Psychiatric Manifestations of Graves’ Hyperthyroidism

Pathophysiology and Treatment Options
  • Robertas BuneviciusEmail author
  • Arthur J. PrangeJr
Therapy In Practice

Abstract

Graves’ disease is an autoimmune disorder that is the most common cause of hyperthyroidism. Other symptoms associated with the disease are goitre, ophthalmopathy, and psychiatric manifestations such as mood and anxiety disorders and, sometimes, cognitive dysfunction. Graves’ hyperthyroidism may result in these latter manifestations via the induction of hyperactivity of the adrenergic nervous system.

This review addresses the psychiatric presentations, and their pathophysiology and treatment, in patients with hyperthyroidism, based on literature identified by a PubMed/MEDLINE database search. Although the focus is on mental symptoms associated with Graves’ disease, it is not always clear from the literature whether patients had Graves’ disease: in some studies, the patients were thought to have Graves’ disease based on clinical findings such as diffuse goitre or ophthalmopathy or on measurements of thyroid antibodies in serum; however, in other studies, no distinction was made between Graves’ hyperthyroidism and hyperthyroidism from other causes.

Antithyroid drugs combined with β-adrenoceptor antagonists are the treatments of choice for hyperthyroidism, as well as for the psychiatric disorders and mental symptoms caused by hyperthyroidism. A substantial proportion of patients have an altered mental state even after successful treatment of hyperthyroidism, suggesting that mechanisms other than hyperthyroidism, including the Graves’ autoimmune process per se and ophthalmopathy, may also be involved. When psychiatric disorders remain after restoration of euthyroidism and after treatment with β-adrenoceptor antagonists, specific treatment for the psychiatric symptoms, especially psychotropic drugs, may be needed.

Keywords

Bipolar Disorder Propranolol Hyperthyroidism Generalise Anxiety Disorder Antithyroid Drug 
These keywords were added by machine and not by the authors.

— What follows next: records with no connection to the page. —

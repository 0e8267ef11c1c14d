//! A transaction that is ready as soon as it is admitted, run on the store itself.

ghost use Rattle.std.specs.Prelude.{◌≡◌, ◌<◌, ◌≤◌, ◌+◌, ◌-◌, ◌++◌, ◌∷◌, [], ℕ, true, IfOk, IfSome, OnErr, is_some, length, map, Some, None, option_copied, slice_get};
ghost use Rattle.meaning.specs.declared.outcome.Outcome.{Outcome as AnyOutcome};
ghost use Rattle.meaning.specs.Entries.{meaning};
ghost use Rattle.meaning.specs.Outcomes.{as_reply};
ghost use Rattle.interp.specs.Entries.{entry_shape};
ghost use Rattle.interp.specs.Touched.{ShowsTouched};
ghost use Rattle.row_store.specs.Stock.{is_free};
ghost use Rattle.scheduler.specs.Schedules.{phase_in, KeepsItsJobs};
ghost use Rattle.scheduler.specs.Scheduled.{StandsAside};
ghost use Rattle.scheduler.specs.Moments.{is_between, is_next_ready};

use crate::planning::Plans;
use crate::scheduler::Scheduler;
use crate::slot::{Slot, count_settled};
use coarsen::{Plan, clash, clashes_are_either_way};
use interp::{Effect, Entry, run};
use lock_tree::{first_ready, ready_beside};
use meaning::{Outcome, stays_in_footprint};
use row_store::{RowStore, locked_names_are_free_where_plans_are_apart};
use scheduler_core::{admitted_and_unsettled_wait, rows_are_serial, run_on_shown_rows_is_run};
use std::alloc::Global;
use values::NoMemory;

/// Runs an entry on the rows of a store, of which each that it may read is free, and makes its writes there. On an
/// error nothing has changed.
fn run_on_store(alloc: Global, entry: &Entry, store: &mut RowStore) -> Result<Outcome, NoMemory>
    requires tables { entry.now.request.proc.tables ≡ store.old.tables }
    requires free { ShowsTouched (entry_shape entry.now) (is_free store.old.tables store.old.lent) }
    ensures tables { store.new.tables ≡ store.old.tables }
    ensures lent { store.new.lent ≡ store.old.lent }
    ensures run { IfOk result (λ outcome.
        meaning (entry_shape entry.now) store.old.rows ≡ (as_reply outcome, store.new.rows)) }
    ensures err { OnErr result (store.new ≡ store.old) }
{
    let Effect { outcome, writes } = run(alloc, store.catalogue(), entry, &*store)?;
    store.apply(writes)?;
    Ok(outcome)
}

/// The next plan is compared with others only if at most this many places begin at the first unsettled one; else the
/// lock tree is asked, so that no long walk over slots is made. Measured on two and four workers, with one long call in
/// 100, one in ten, and calls that wait for one another on ten rows, where the noise was up to a third: 0, where the
/// tree is always asked, and 999 show no difference beyond it.
const FEW_PLACES: usize = 8;

/// Whether the transaction at a place is settled, or is out with a plan that is in no conflict with this one. Its own
/// plan is made.
fn stands_aside(slot: &Slot, plans: &Plans, place: usize, plan: &Plan) -> bool
    requires begun { plans.now.from ≤ place }
    requires made { place < plans.now.from + length plans.now.made.items }
    ensures { result ≡ true → StandsAside (Some (phase_in slot.now))
        (slice_get plans.now.made.items (place - plans.now.from)) plan.now }
{
    match slot {
        Slot::Settled(_) => true,
        Slot::Idle => false,
        Slot::Lent | Slot::Held(_) | Slot::Ran(_, _) => !clash(plans.at(place), plan),
    }
}

/// Whether that is so of each transaction from a place on. Their plans are made.
fn stand_aside(slots: &[Slot], plans: &Plans, from: usize, plan: &Plan) -> bool
    requires begun { plans.now.from ≤ from }
    requires made { length slots.now ≤ plans.now.from + length plans.now.made.items }
    ensures { result ≡ true → (place : ℕ) → from ≤ place → place < length slots.now →
        StandsAside (slice_get (map phase_in slots.now) place)
        (slice_get plans.now.made.items (place - plans.now.from)) plan.now }
{
    for place in from..slots.len() {
        if !stands_aside(&slots[place], plans, place, plan) {
            return false;
        }
    }
    true
}

impl Scheduler {
    /// The entries of all transactions, in the order of the log.
    pub fn entries(&self) -> &[Entry]
        ensures { result.now ≡ self.now.work.entries }
    {
        self.entries.as_slice()
    }

    /// The entry of the next transaction, `None` exactly where all are admitted.
    pub fn next_entry(&self) -> Option<&Entry>
        ensures { option_copied result ≡ slice_get self.now.work.entries (length self.now.slots) }
    {
        self.entries.get(self.slots.len())
    }

    /// The rows as they are now, where those that are lent count as they were lent.
    pub fn rows(&self) -> &RowStore
        ensures { result.now.tables ≡ self.now.work.tables }
    {
        &self.store
    }

    /// Whether there is a next transaction, and it would be ready as soon as it is admitted. If all that are admitted
    /// are settled, no plan is looked at. Of a few, those that aren't settled are compared with the next plan; the lock
    /// tree is asked if there are more, or one of them waits or clashes.
    fn is_next_ready(&self) -> bool
        ensures { result ≡ is_next_ready self.now }
    {
        // proof: who waits in the lock tree.
        admitted_and_unsettled_wait();
        first_ready();
        ready_beside();
        let place = self.slots.len();
        if place >= self.entries.len() {
            return false;
        }
        if self.settled >= place {
            return true;
        }
        let next = self.plans.at(place);
        let few = place - self.settled <= FEW_PLACES;
        if few && stand_aside(&self.slots, &self.plans, self.settled, next) {
            return true;
        }
        self.locks.would_be_ready(next)
    }

    /// Runs the next transaction on the rows themselves and settles it at once, where it is ready as soon as it is
    /// admitted: then its plan is in conflict with none that is admitted and unsettled, and the rows that it may touch
    /// are lent to nobody. So it waits in no queue and is lent nothing, and it comes to what its four steps would. The
    /// transaction's number, `None` exactly where it isn't ready so, or all are admitted; where all that are admitted
    /// are settled it is. On an error nothing has changed.
    pub fn run_next(&mut self) -> Result<Option<u64>, NoMemory>
        ensures ran { IfOk result (λ number. IfSome number (λ no.
            (no ≡ self.old.work.first + length self.old.slots) × (outcome : AnyOutcome) ×
            (self.new ≡ record self.old { slots = self.old.slots ++ Slot.Settled outcome ∷ [] }))) }
        ensures none { IfOk result (λ number. number ≡ None → self.new ≡ self.old) }
        ensures exact { IfOk result (λ number. is_some number ≡ is_next_ready self.old) }
        ensures between { IfOk result (λ number. is_between self.old ≡ true → is_some number ≡ true) }
        ensures keeps { KeepsItsJobs self.old → KeepsItsJobs self.new }
        ensures err { OnErr result (self.new ≡ self.old) }
    {
        // proof: who waits in the lock tree, and what the rows are.
        admitted_and_unsettled_wait();
        rows_are_serial();
        run_on_shown_rows_is_run();
        stays_in_footprint();
        first_ready();
        clashes_are_either_way();
        locked_names_are_free_where_plans_are_apart();
        if !self.is_next_ready() {
            return Ok(None);
        }
        let place = self.slots.len();
        self.plans.make_beside(
            self.alloc,
            &self.entries,
            self.threshold,
            self.arena,
            self.settled,
            place,
        )?;
        self.slots.reserve(1)?;
        let outcome = run_on_store(self.alloc, &self.entries[place], &mut self.store)?;
        self.slots.push_reserved(Slot::Settled(outcome));
        self.settled = count_settled(&self.slots, self.settled);
        Ok(Some(self.first + place as u64))
    }
}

This process is experimental and the keywords may be updated as the learning algorithm improves.

Notes

Acknowledgements

The authors would like to thank Robert D. Utiger, MD, for his assistance in the preparation of this manuscript. The work of Robertas Bunevicius was supported in part by the Ruth L. Kirchstein Award from the United States National Institute of Health. The authors have no conflicts of interest that are directly relevant to the contents of this review.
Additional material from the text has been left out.